# whats the drawback to bikes bought at target



## rabidfox (Mar 1, 2009)

now let me state id sure preafre a bike bought at a lbs but they was out of my price range this recession is kicking my but.so i got a Schwinn tourist hybrid and i love it why do everyone say never get bike at target or wallyworld?will this bike just fail on me?it only has altus componets and i know they aint good but for 250 bucks they seem ok the bike is comfy its fast enough for me at my fitness level i just hope it wont just leave me stranded


----------



## JustTooBig (Aug 11, 2005)

the drawback is...... it was purchased at Target.

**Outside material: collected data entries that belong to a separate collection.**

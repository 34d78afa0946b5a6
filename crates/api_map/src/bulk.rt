//! The members that ask for each element of another collection.
ghost use Rattle.std.specs.Prelude.{◌≡◌, ◌-◌, Some, true, false, length, slice_get};
ghost use Rattle.api_map.specs.declared.arguments.Keyed.TheVariants as keyed_is;
ghost use Rattle.container_outcomes.specs.declared.outcome.Outcome.{Outcome};
ghost use Rattle.api_map.specs.declared.sources.Source.TheVariants as source_is;
ghost use Rattle.object_values.specs.declared.object.Part.TheVariants as part_is;
ghost use Rattle.api_map.specs.Collections.{found_in};
ghost use Rattle.container_outcomes.specs.Outcomes.{Tells, flag};
ghost use Rattle.container_outcomes.specs.Comparing.{where_equal};
ghost use Rattle.api_map.specs.Sources.{elements};
ghost use Rattle.object_heap.specs.Objects.{changed_by};
ghost use Rattle.api_map.specs.Bulk as spec;
ghost use Rattle.api_map.specs.declared.bulk.Choice.TheVariants as choice;

use crate::arguments::{Keyed, holder_of, keyed_at};
use crate::collections::found_in;
use crate::holding::{entry_in, value_in};
use crate::searching::pair_at;
use crate::sources::{Source, count, element_at, put_pair, source_at};
use container_outcomes::{
    Compared, Outcome, is_open, not_simple, null_error, too_deep, too_large, unsupported,
};
use object_heap::Heap;
use object_values::{Guard, Object, Pairs, Part, Value};

/// What becomes of the elements that are in the other collection.
#[derive(Clone, Copy)]
pub enum Bulk {
    /// They go.
    Remove,
    /// They stay, and the others go.
    Retain,
}

/// What becomes of a pair.
#[derive(Clone, Copy)]
pub enum Choice {
    Stays,
    Goes,
    /// A comparison goes too deep.
    Deep,
    /// A comparison visits too much.
    Large,
}

/// Why no pairs are told apart.
#[derive(Clone, Copy)]
pub enum SiftErr {
    /// A comparison goes too deep.
    Deep,
    /// A comparison visits too much.
    Large,
    NoMemory,
}

fn value_is_true(value: &Value) -> bool
    ensures { result ≡ spec.is_true (Outcome.Gives value.now) }
{
    match value {
        Value::Bool(flag) => *flag,
        _ => false,
    }
}

// Whether an outcome is true.
fn is_true(told: &Outcome) -> bool
    ensures { result ≡ spec.is_true told.now }
{
    match told {
        Outcome::Gives(value) => value_is_true(value),
        _ => false,
    }
}

fn each_value_found(heap: &Heap, keyed: Keyed, source: Source) -> Outcome
    ensures { Tells (spec.each_found (found_in heap.now.objects keyed) (elements heap.now.objects source)) result }
{
    for at in 0..count(heap, source) {
        let Some(value) = element_at(heap, source, at) else {
            return Outcome::Gives(Value::Bool(true));
        };
        let told = found_in(heap, keyed, value);
        if !is_true(&told) {
            return told;
        }
        drop(told);
    }
    Outcome::Gives(Value::Bool(true))
}

fn compared(heap: &Heap, is: Compared) -> Outcome
    ensures { Tells (where_equal is (flag true) (flag false)) result }
{
    match is {
        Compared::Same => Outcome::Gives(Value::Bool(true)),
        Compared::Other => Outcome::Gives(Value::Bool(false)),
        Compared::Deep => too_deep(heap),
        Compared::Large => too_large(heap),
    }
}

fn entry_found_in_view(heap: &Heap, map: u32, part: Part, from: u32, key: &Value) -> Outcome
    ensures { Tells (spec.entry_found_in heap.now.objects (keyed_is.View map part) from key.now) result }
{
    match part {
        Part::Keys => not_simple(heap),
        Part::Values => compared(
            heap,
            entry_in(heap, Source::Pairs(map, Part::Values), from, key),
        ),
        Part::Entries => compared(
            heap,
            entry_in(heap, Source::Pairs(map, Part::Entries), from, key),
        ),
    }
}

fn entry_found_in(heap: &Heap, keyed: Keyed, from: u32, key: &Value) -> Outcome
    ensures { Tells (spec.entry_found_in heap.now.objects keyed from key.now) result }
{
    match keyed {
        Keyed::Set(_) => not_simple(heap),
        Keyed::View(map, part) => entry_found_in_view(heap, map, part, from, key),
    }
}

fn each_entry_found(heap: &Heap, keyed: Keyed, from: u32) -> Outcome
    ensures { Tells (spec.each_found (spec.entry_found_in heap.now.objects keyed from) (elements heap.now.objects (source_is.Pairs from part_is.Keys))) result }
{
    let keys = Source::Pairs(from, Part::Keys);
    for at in 0..count(heap, keys) {
        let Some(key) = element_at(heap, keys, at) else {
            return Outcome::Gives(Value::Bool(true));
        };
        let told = entry_found_in(heap, keyed, from, key);
        if !is_true(&told) {
            return told;
        }
        drop(told);
    }
    Outcome::Gives(Value::Bool(true))
}

fn shown_found(heap: &Heap, keyed: Keyed, from: u32, part: Part) -> Outcome
    ensures { Tells (spec.shown_found heap.now.objects keyed from part) result }
{
    match part {
        Part::Keys => each_value_found(heap, keyed, Source::Pairs(from, Part::Keys)),
        Part::Values => each_value_found(heap, keyed, Source::Pairs(from, Part::Values)),
        Part::Entries => each_entry_found(heap, keyed, from),
    }
}

fn all_found(heap: &Heap, keyed: Keyed, source: Source) -> Outcome
    ensures { Tells (spec.all_found heap.now.objects keyed source) result }
{
    match source {
        Source::Items(id) => each_value_found(heap, keyed, Source::Items(id)),
        Source::Pairs(from, part) => shown_found(heap, keyed, from, part),
    }
}

fn contains_all_of(heap: &Heap, source: Option<Source>, keyed: Keyed) -> Outcome
    ensures { Tells (spec.contains_all_of heap.now.objects source keyed) result }
{
    match source {
        Some(source) => all_found(heap, keyed, source),
        None => null_error(),
    }
}

/// What becomes of an element of which this comes where it is sought in the other collection.
pub fn choice_of(bulk: Bulk, is: Compared) -> Choice
    ensures { result ≡ spec.choice_of bulk is }
{
    match (bulk, is) {
        (Bulk::Remove, Compared::Same) => Choice::Goes,
        (Bulk::Remove, Compared::Other) => Choice::Stays,
        (Bulk::Remove, Compared::Deep) => Choice::Deep,
        (Bulk::Remove, Compared::Large) => Choice::Large,
        (Bulk::Retain, Compared::Same) => Choice::Stays,
        (Bulk::Retain, Compared::Other) => Choice::Goes,
        (Bulk::Retain, Compared::Deep) => Choice::Deep,
        (Bulk::Retain, Compared::Large) => Choice::Large,
    }
}

/// The elements of a part of a map or a set, and another collection in which they are sought.
#[derive(Clone, Copy)]
pub struct Search {
    pub bulk: Bulk,
    pub source: Source,
    pub map: u32,
    pub part: Part,
}

fn choose(heap: &Heap, search: Search, key: &Value, value: &Value) -> Choice
    ensures { result ≡ spec.choose heap.now.objects search (key.now, value.now) }
{
    match search.part {
        Part::Keys => choice_of(search.bulk, value_in(heap, search.source, key)),
        Part::Values => choice_of(search.bulk, value_in(heap, search.source, value)),
        Part::Entries => choice_of(search.bulk, entry_in(heap, search.source, search.map, key)),
    }
}

fn keep_pair(into: &mut Pairs, key: &Value, value: &Value) -> Result<(), SiftErr>
    ensures { spec.SiftsOne choice.Stays (key.now, value.now) into.old into.new result }
{
    match put_pair(into, key, value) {
        Ok(()) => Ok(()),
        Err(_) => Err(SiftErr::NoMemory),
    }
}

// Puts a pair behind those that stay, if it stays.
fn sift_one(
    heap: &Heap,
    search: Search,
    key: &Value,
    value: &Value,
    left: &mut Pairs,
) -> Result<(), SiftErr>
    ensures { spec.SiftsOne (spec.choose heap.now.objects search (key.now, value.now)) (key.now, value.now) left.old left.new result }
{
    match choose(heap, search, key, value) {
        Choice::Stays => keep_pair(left, key, value),
        Choice::Goes => Ok(()),
        Choice::Deep => Err(SiftErr::Deep),
        Choice::Large => Err(SiftErr::Large),
    }
}

// The pairs that stay.
fn sift(heap: &Heap, search: Search, pairs: &Pairs) -> Result<Pairs, SiftErr>
    ensures { spec.Sifts (spec.sift (spec.choose heap.now.objects search) pairs.now) result }
{
    let mut left = Pairs::new(heap.alloc(), heap.seed());
    for at in 0..pairs.len() {
        let Some((key, value)) = pair_at(pairs, at) else {
            unreachable!()
        };
        match sift_one(heap, search, key, value, &mut left) {
            Ok(()) => {}
            Err(cause) => return Err(cause),
        }
    }
    Ok(left)
}

// Each pair that goes is a change.
fn changes_after(changes: u64, before: usize, left: usize) -> u64
    ensures { result ≡ changed_by changes (before - left) }
{
    changes.wrapping_add(before.saturating_sub(left) as u64)
}

fn map_left(id: u32, class: u32, changes: u64, before: usize, left: Pairs) -> Outcome
    ensures { result ≡ spec.map_sifted id class changes before (spec.Left left) }
{
    let count = left.len();
    let object = Object::Map {
        class,
        pairs: left,
        guard: Guard::Open,
        changes: changes_after(changes, before, count),
    };
    Outcome::Becomes(id, object, Value::Bool(count < before))
}

#[tactic(auto, using(crate::proofs::Needing::map_needs))]
fn map_sifted(heap: &Heap, class: u32, changes: u64, pairs: &Pairs, search: Search) -> Outcome
    ensures { Tells (spec.map_sifted search.map class changes (length pairs.now) (spec.sift (spec.choose heap.now.objects search) pairs.now)) result }
{
    match sift(heap, search, pairs) {
        Ok(left) => map_left(search.map, class, changes, pairs.len(), left),
        Err(SiftErr::Deep) => too_deep(heap),
        Err(SiftErr::Large) => too_large(heap),
        Err(SiftErr::NoMemory) => Outcome::NoMemory,
    }
}

fn set_left(id: u32, class: u32, changes: u64, before: usize, left: Pairs) -> Outcome
    ensures { result ≡ spec.set_sifted id class changes before (spec.Left left) }
{
    let count = left.len();
    let object = Object::Set {
        class,
        items: left,
        guard: Guard::Open,
        changes: changes_after(changes, before, count),
    };
    Outcome::Becomes(id, object, Value::Bool(count < before))
}

#[tactic(auto, using(crate::proofs::Needing::set_needs))]
fn set_sifted(heap: &Heap, class: u32, changes: u64, items: &Pairs, search: Search) -> Outcome
    ensures { Tells (spec.set_sifted search.map class changes (length items.now) (spec.sift (spec.choose heap.now.objects search) items.now)) result }
{
    match sift(heap, search, items) {
        Ok(left) => set_left(search.map, class, changes, items.len(), left),
        Err(SiftErr::Deep) => too_deep(heap),
        Err(SiftErr::Large) => too_large(heap),
        Err(SiftErr::NoMemory) => Outcome::NoMemory,
    }
}

fn object_sifted(heap: &Heap, object: &Object, search: Search) -> Outcome
    ensures { Tells (spec.sifted_in search.map (spec.choose heap.now.objects search) (Some object.now)) result }
{
    match object {
        Object::Map {
            class,
            pairs,
            changes,
            ..
        } => map_sifted(heap, *class, *changes, pairs, search),
        Object::Set {
            class,
            items,
            changes,
            ..
        } => set_sifted(heap, *class, *changes, items, search),
        _ => Outcome::Gives(Value::Bool(false)),
    }
}

fn sifted(heap: &Heap, search: Search) -> Outcome
    ensures { Tells (spec.sifted_in search.map (spec.choose heap.now.objects search) (slice_get heap.now.objects search.map)) result }
{
    match heap.get(search.map) {
        Some(object) => object_sifted(heap, object, search),
        None => Outcome::Gives(Value::Bool(false)),
    }
}

fn part_of(keyed: Keyed) -> Part
    ensures { result ≡ spec.part_of keyed }
{
    match keyed {
        Keyed::Set(_) => Part::Keys,
        Keyed::View(_, part) => part,
    }
}

fn sifted_by(heap: &Heap, bulk: Bulk, keyed: Keyed, source: Source) -> Outcome
    ensures { Tells (spec.sifted_by heap.now.objects bulk keyed source) result }
{
    sifted(
        heap,
        Search {
            bulk,
            source,
            map: holder_of(keyed),
            part: part_of(keyed),
        },
    )
}

fn sifted_of(bulk: Bulk, heap: &Heap, source: Option<Source>, keyed: Keyed) -> Outcome
    ensures { Tells (spec.sifted_of bulk heap.now.objects source keyed) result }
{
    if !is_open(heap, holder_of(keyed)) {
        return unsupported();
    }
    match source {
        Some(source) => sifted_by(heap, bulk, keyed, source),
        None => null_error(),
    }
}

/// `containsAll(Collection)`.
pub fn contains_all(heap: &Heap, args: &[Value]) -> Outcome
    ensures { Tells (spec.contains_all heap.now.objects args.now) result }
{
    match keyed_at(heap, args, 0) {
        Some(keyed) => contains_all_of(heap, source_at(heap, args, 1), keyed),
        None => null_error(),
    }
}

/// `removeAll(Collection)` and `retainAll(Collection)`.
pub fn sift_all(bulk: Bulk, heap: &Heap, args: &[Value]) -> Outcome
    ensures { Tells (spec.sift_all bulk heap.now.objects args.now) result }
{
    match keyed_at(heap, args, 0) {
        Some(keyed) => sifted_of(bulk, heap, source_at(heap, args, 1), keyed),
        None => null_error(),
    }
}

Even if you take the low quality of the bike itself out of the equation, a big issue still remains: Target = NO service after the sale.


----------



## rabidfox (Mar 1, 2009)

thats true i did have to adjust it my self but wasnt that hard.someday i hope to get a bike at a cool bike store like the ones that folks here told me about performance i think is the name.


----------



## yakky (May 7, 2008)

You'll find out when its time to sell it....


----------



## Peanya (Jun 12, 2008)

For a casual rider who may put 100 miles in a year on it, they're fine. If you want to ride over 1000 miles, you'll very quickly learn why.


----------



## Mel Erickson (Feb 3, 2004)

For the particular bike you've bought you've already found out the major drawback. They aren't always assembled well and need adjustment after the purchase. They also don't provide service after the sale. That's the main advantage to paying more at a local bike shop, especially if you don't know how to service a bike yourself. A year of service/adjustment is often thrown in as part of the deal by a bike shop. There's nothing wrong with the bike itself and local shops will carry a comparable model but charge more.


----------



## Coolhand (Jul 28, 2002)

rabidfox said:


> thats true i did have to adjust it my self but wasnt that hard.someday i hope to get a bike at a cool bike store like the ones that folks here told me about performance i think is the name.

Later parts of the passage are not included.